Just send them this way. City just allowed our RV park to double in size. 11 wood cabins on wheels added too. Gotta love it.


----------



## Alias (Dec 21, 2010)

High Desert said:
			
		

> We have park where you can actually hook em to your truck and pull em away! Of couse, you have to have a Trans Am with at least one fender painted gray to live there. Oh yeah, and a mullet.


Here, you need a battered Ford F-150, preferably with a flatbed and a 5th wheel hitch.   

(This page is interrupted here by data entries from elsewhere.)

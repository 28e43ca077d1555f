//! Worked values, and refusals in their order.
use super::*;
use books::Standard;
use hiding::StateSet;
use judging::{Judgement, Verdict};

// What a judge answers, and its two buffers, which were filled with 9 before.
fn judged(tray: &Tray) -> (Result<Judgement, Refusal>, [u8; 9], [u8; 9]) {
    let mut witness = [9; 9];
    let mut counterexample = [9; 9];
    let judgement = tray.judge(&mut witness, &mut counterexample);
    (judgement, witness, counterexample)
}

// The judgement that some sets meet the claim, with so many states and words of these lengths.
fn some(states: usize, witness: usize, counterexample: usize) -> Judgement {
    Judgement {
        verdict: Verdict::SomeSets,
        states,
        witness: Some(witness),
        counterexample: Some(counterexample),
    }
}

fn all(states: usize, witness: usize) -> Judgement {
    Judgement {
        verdict: Verdict::AllSets,
        states,
        witness: Some(witness),
        counterexample: None,
    }
}

fn none(states: usize, counterexample: usize) -> Judgement {
    Judgement {
        verdict: Verdict::NoSets,
        states,
        witness: None,
        counterexample: Some(counterexample),
    }
}

// The calls, with enough records and links. They promise nothing here, so that what a test does stays small for the
// prover.
fn opened(tray: &mut Tray, sets: usize, budget: usize, depth: usize) -> Result<(), Refusal> {
    tray.open(sets, budget, depth)
}

fn placed(tray: &mut Tray, predicate: u8, listed: &[u8]) -> Result<(usize, usize), Refusal> {
    tray.place(&Standard, predicate, listed, &mut [0; 9], &mut [0; 72])
}

fn singled(tray: &mut Tray, set: u8) -> Result<(usize, usize), Refusal> {
    tray.single(set)
}

fn negated(tray: &mut Tray) -> Result<(usize, usize), Refusal> {
    tray.negate()
}

fn both(tray: &mut Tray) -> Result<(usize, usize), Refusal> {
    tray.both(&mut [(0, 0); 9], &mut [0; 72])
}

fn either(tray: &mut Tray) -> Result<(usize, usize), Refusal> {
    tray.either(&mut [(0, 0); 9], &mut [0; 72])
}

fn hidden(tray: &mut Tray, set: u8) -> Result<(usize, usize), Refusal> {
    tray.hide(set, &mut [StateSet::empty(); 9], &mut [0; 72])
}

fn dropped(tray: &mut Tray) -> Result<(), Refusal> {
    tray.drop()
}

// What a save answers, and its buffer, which was filled with 9 before.
fn saved(tray: &Tray) -> (Result<usize, Refusal>, [u8; 45]) {
    let mut text = [9; 45];
    let answer = tray.save(&mut text);
    (answer, text)
}

#[test]
fn sub_and_its_negation(rt: HostRuntime) {
    let mut tables = [0; 180];
    let mut spare = [0; 90];
    let mut tray = Tray::over(&mut tables, &mut spare);
    assert_eq!(rt; opened(&mut tray, 2, 9, 4), Ok(()));
    assert_eq!(rt; placed(&mut tray, Standard::SUB, &[0, 1]), Ok((2, 2)));
    let (answer, witness, counterexample) = judged(&tray);
    assert_eq!(rt; answer, Ok(some(2, 0, 1)));
    assert!(rt; witness == [9; 9]);
    assert!(rt; counterexample == [1, 9, 9, 9, 9, 9, 9, 9, 9]);
    assert_eq!(rt; negated(&mut tray), Ok((2, 2)));
    let (answer, witness, counterexample) = judged(&tray);
    assert_eq!(rt; answer, Ok(some(2, 1, 0)));
    assert!(rt; witness == [1, 9, 9, 9, 9, 9, 9, 9, 9]);
    assert!(rt; counterexample == [9; 9]);
}

// Sub of two sets or not sub of them: all sets meet it. Sub and not sub: none.
#[test]
fn all_and_none(rt: HostRuntime) {
    let mut tables = [0; 180];
    let mut spare = [0; 90];
    let mut tray = Tray::over(&mut tables, &mut spare);
    assert_eq!(rt; opened(&mut tray, 2, 9, 4), Ok(()));
    assert_eq!(rt; placed(&mut tray, Standard::SUB, &[0, 1]), Ok((2, 2)));
    assert_eq!(rt; placed(&mut tray, Standard::SUB, &[0, 1]), Ok((2, 2)));
    assert_eq!(rt; negated(&mut tray), Ok((2, 2)));
    assert_eq!(rt; either(&mut tray), Ok((2, 1)));
    let (answer, _, counterexample) = judged(&tray);
    assert_eq!(rt; answer, Ok(all(1, 0)));
    assert!(rt; counterexample == [9; 9]);
    assert_eq!(rt; negated(&mut tray), Ok((1, 1)));
    let (answer, witness, _) = judged(&tray);
    assert_eq!(rt; answer, Ok(none(1, 0)));
    assert!(rt; witness == [9; 9]);
}

// Two singletons: nine pairs of states are met, and five residuals are kept. Dropping the top of three tables leaves
// the two below as they were.
#[test]
fn both_of_two_singletons(rt: HostRuntime) {
    let mut tables = [0; 180];
    let mut spare = [0; 90];
    let mut tray = Tray::over(&mut tables, &mut spare);
    assert_eq!(rt; opened(&mut tray, 2, 9, 4), Ok(()));
    assert_eq!(rt; placed(&mut tray, Standard::ONE, &[0]), Ok((3, 3)));
    assert_eq!(rt; singled(&mut tray, 1), Ok((3, 3)));
    assert_eq!(rt; placed(&mut tray, Standard::SUC, &[1, 0]), Ok((4, 4)));
    assert_eq!(rt; dropped(&mut tray), Ok(()));
    assert_eq!(rt; both(&mut tray), Ok((9, 5)));
    let (answer, witness, counterexample) = judged(&tray);
    assert_eq!(rt; answer, Ok(some(5, 1, 0)));
    assert!(rt; witness == [3, 9, 9, 9, 9, 9, 9, 9, 9]);
    assert!(rt; counterexample == [9; 9]);
}

// {p} and {p + 1}: an arrow in the place of "and" would let the empty word in.
#[test]
fn successor(rt: HostRuntime) {
    let mut tables = [0; 180];
    let mut spare = [0; 90];
    let mut tray = Tray::over(&mut tables, &mut spare);
    assert_eq!(rt; opened(&mut tray, 2, 9, 4), Ok(()));
    assert_eq!(rt; placed(&mut tray, Standard::SUC, &[0, 1]), Ok((4, 4)));
    let (answer, witness, counterexample) = judged(&tray);
    assert_eq!(rt; answer, Ok(some(4, 2, 0)));
    assert!(rt; witness == [1, 2, 9, 9, 9, 9, 9, 9, 9]);
    assert!(rt; counterexample == [9; 9]);
}

// Every two numbers have a sum, which may need one position more than they have.
#[test]
fn sum_with_the_third_hidden(rt: HostRuntime) {
    let mut tables = [0; 324];
    let mut spare = [0; 162];
    let mut tray = Tray::over(&mut tables, &mut spare);
    assert_eq!(rt; opened(&mut tray, 3, 9, 4), Ok(()));
    assert_eq!(rt; placed(&mut tray, Standard::SUM, &[0, 1, 2]), Ok((3, 3)));
    let (answer, witness, counterexample) = judged(&tray);
    assert_eq!(rt; answer, Ok(some(3, 0, 1)));
    assert!(rt; witness == [9; 9]);
    assert!(rt; counterexample == [1, 9, 9, 9, 9, 9, 9, 9, 9]);
    assert_eq!(rt; hidden(&mut tray, 2), Ok((3, 1)));
    let (answer, _, _) = judged(&tray);
    assert_eq!(rt; answer, Ok(all(1, 0)));
}

// Exactly one member takes three states: a budget of 2 is too small, and one of 3 is enough. A refused call leaves the
// tray as it was.
#[test]
fn budget(rt: HostRuntime) {
    let mut tables = [0; 180];
    let mut spare = [0; 90];
    let mut tray = Tray::over(&mut tables, &mut spare);
    assert_eq!(rt; opened(&mut tray, 1, 2, 1), Ok(()));
    assert_eq!(rt;
        placed(&mut tray, Standard::ONE, &[0]),
        Err(Refusal::TooManyStates)
    );
    assert_eq!(rt; singled(&mut tray, 0), Err(Refusal::TooManyStates));
    assert_eq!(rt; dropped(&mut tray), Err(Refusal::TooFewTables));
    assert_eq!(rt; opened(&mut tray, 1, 3, 1), Ok(()));
    assert_eq!(rt; placed(&mut tray, Standard::ONE, &[0]), Ok((3, 3)));
    let (answer, witness, counterexample) = judged(&tray);
    assert_eq!(rt; answer, Ok(some(3, 1, 0)));
    assert!(rt; witness == [1, 9, 9, 9, 9, 9, 9, 9, 9]);
    assert!(rt; counterexample == [9; 9]);
}

// The text of a table of three states has 44 bytes: the byte behind it stays, and a buffer of 43 is too short. Saving
// changes no table.
#[test]
fn save(rt: HostRuntime) {
    let mut tables = [0; 54];
    let mut spare = [0; 54];
    let mut tray = Tray::over(&mut tables, &mut spare);
    assert_eq!(rt; opened(&mut tray, 1, 9, 2), Ok(()));
    let (answer, _) = saved(&tray);
    assert_eq!(rt; answer, Err(Refusal::TooFewTables));
    assert_eq!(rt; placed(&mut tray, Standard::EMP, &[0]), Ok((2, 2)));
    assert_eq!(rt; singled(&mut tray, 0), Ok((3, 3)));
    let (answer, text) = saved(&tray);
    assert_eq!(rt; answer, Ok(44));
    assert!(rt; text == *b"state accepts n0 n1\n0 0 0 1\n1 1 1 2\n2 0 2 2\n\t");
    let mut short = [9; 43];
    assert_eq!(rt; tray.save(&mut short), Err(Refusal::NoBuffer));
    assert!(rt; short == [9; 43]);
    assert_eq!(rt; both(&mut tray), Ok((3, 1)));
}

// A table over five sets is not saved, and that is said before anything else.
#[test]
fn save_over_five_sets(rt: HostRuntime) {
    let mut tables = [0; 297];
    let mut spare = [0; 594];
    let mut tray = Tray::over(&mut tables, &mut spare);
    assert_eq!(rt; opened(&mut tray, 5, 9, 1), Ok(()));
    let (answer, _) = saved(&tray);
    assert_eq!(rt; answer, Err(Refusal::TooManySets));
    assert_eq!(rt; singled(&mut tray, 4), Ok((3, 3)));
    let (answer, text) = saved(&tray);
    assert_eq!(rt; answer, Err(Refusal::TooManySets));
    assert!(rt; text == [9; 45]);
}

#[test]
fn open_is_refused(rt: HostRuntime) {
    // One memory for one table of one set and three states, and two slots beside it: 3 * 3 * 3 numbers.
    let mut memory = [0; 27];
    let mut tray = Tray::within(&mut memory, 1, 3, 1);
    assert_eq!(rt; opened(&mut tray, 0, 0, 0), Err(Refusal::WrongSets));
    assert_eq!(rt; opened(&mut tray, 9, 513, 17), Err(Refusal::WrongSets));
    assert_eq!(rt; opened(&mut tray, 8, 513, 17), Err(Refusal::WrongBudget));
    assert_eq!(rt; opened(&mut tray, 8, 512, 17), Err(Refusal::WrongDepth));
    assert_eq!(rt; opened(&mut tray, 8, 512, 16), Err(Refusal::NoMemory));
    assert_eq!(rt; opened(&mut tray, 1, 3, 2), Err(Refusal::NoMemory));
    assert_eq!(rt; opened(&mut tray, 1, 3, 1), Ok(()));
    assert_eq!(rt; singled(&mut tray, 0), Ok((3, 3)));
    assert_eq!(rt; opened(&mut tray, 1, 4, 1), Err(Refusal::NoMemory));
    assert_eq!(rt; negated(&mut tray), Ok((3, 3)));
}

#[test]
fn never_opened(rt: HostRuntime) {
    let mut tables = [0; 9];
    let mut spare = [0; 9];
    let mut tray = Tray::over(&mut tables, &mut spare);
    assert_eq!(rt; placed(&mut tray, 9, &[0]), Err(Refusal::NoPredicate));
    assert_eq!(rt;
        placed(&mut tray, Standard::SUB, &[0]),
        Err(Refusal::WrongPlaces)
    );
    assert_eq!(rt;
        placed(&mut tray, Standard::SUB, &[0, 0]),
        Err(Refusal::NoSet)
    );
    assert_eq!(rt; singled(&mut tray, 0), Err(Refusal::NoSet));
    assert_eq!(rt; both(&mut tray), Err(Refusal::TooFewTables));
    assert_eq!(rt; hidden(&mut tray, 0), Err(Refusal::NoSet));
    assert_eq!(rt; tray.judge(&mut [], &mut []), Err(Refusal::TooFewTables));
    assert_eq!(rt; tray.save(&mut []), Err(Refusal::TooFewTables));
}

// One table at most.
#[test]
fn refusals_in_order(rt: HostRuntime) {
    let mut tables = [0; 45];
    let mut spare = [0; 90];
    let mut tray = Tray::over(&mut tables, &mut spare);
    assert_eq!(rt; opened(&mut tray, 2, 9, 1), Ok(()));
    assert_eq!(rt; hidden(&mut tray, 2), Err(Refusal::NoSet));
    assert_eq!(rt; hidden(&mut tray, 1), Err(Refusal::TooFewTables));
    assert_eq!(rt; placed(&mut tray, Standard::SUB, &[1, 1]), Ok((1, 1)));
    assert_eq!(rt;
        placed(&mut tray, Standard::SUB, &[0, 2]),
        Err(Refusal::NoSet)
    );
    assert_eq!(rt;
        placed(&mut tray, Standard::SUB, &[0, 1]),
        Err(Refusal::Full)
    );
    assert_eq!(rt; singled(&mut tray, 2), Err(Refusal::NoSet));
    assert_eq!(rt; singled(&mut tray, 1), Err(Refusal::Full));
    assert_eq!(rt; both(&mut tray), Err(Refusal::TooFewTables));
    assert_eq!(rt; Refusal::Full.number(), 21);
}

// Too few records or links come before everything else, and short buffers before too few tables.
#[test]
fn lent_memory_first(rt: HostRuntime) {
    let mut tables = [0; 45];
    let mut spare = [0; 90];
    let mut tray = Tray::over(&mut tables, &mut spare);
    assert_eq!(rt; opened(&mut tray, 2, 9, 1), Ok(()));
    let few_links = tray.place(&Standard, 9, &[], &mut [0; 9], &mut [0; 71]);
    assert_eq!(rt; few_links, Err(Refusal::NoMemory));
    let few_records = tray.hide(2, &mut [StateSet::empty(); 8], &mut [0; 72]);
    assert_eq!(rt; few_records, Err(Refusal::NoMemory));
    let mut short = [0; 8];
    assert_eq!(rt; tray.judge(&mut [0; 9], &mut short), Err(Refusal::NoBuffer));
}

Seriously, a full size single wide MH was moved over the weekend from one park in town out to another one, no permits, no transport permits, etc.  I tagged that one because they didn't even do a park set on it and the lady was living in it.  Just pulled it in and plugged it in, no blocking, etc.   

Sue, living la vida loca in the land of fruits and nuts


----------



## Alias (Dec 21, 2010)

hlfireinspector said:
			
		

> Just send them this way. City just allowed our RV park to double in size. 11 wood cabins on wheels added too. Gotta love it.


My sincerest condolences.  Those park trailers (cabins on wheels) are kinda neat looking and at least are relatively new.  What I have here are 35 yr old mobiles that weren't meant to be in snow country (20# roof load).

Sue, in snowy, icy CA


----------



## north star (Dec 21, 2010)

** * * **

Sue,

In some parts of the country, those MH's are just un-anchored metal boxes

waiting to be carried off by the next strong wind ( i.e. - `naders ). OMG!! 

** * * **


----------



## Alias (Dec 21, 2010)

north star said:
			
		

> ** * * **Sue,
> 
> In some parts of the country, those MH's are just un-anchored metal boxes
> 
> ...


Oh, I know.  Grew up in and around Chicago, tornado sirens are a nifty invention!  Lived through the tornado that wiped a good portion of Flint, MI off the map in the late 50's.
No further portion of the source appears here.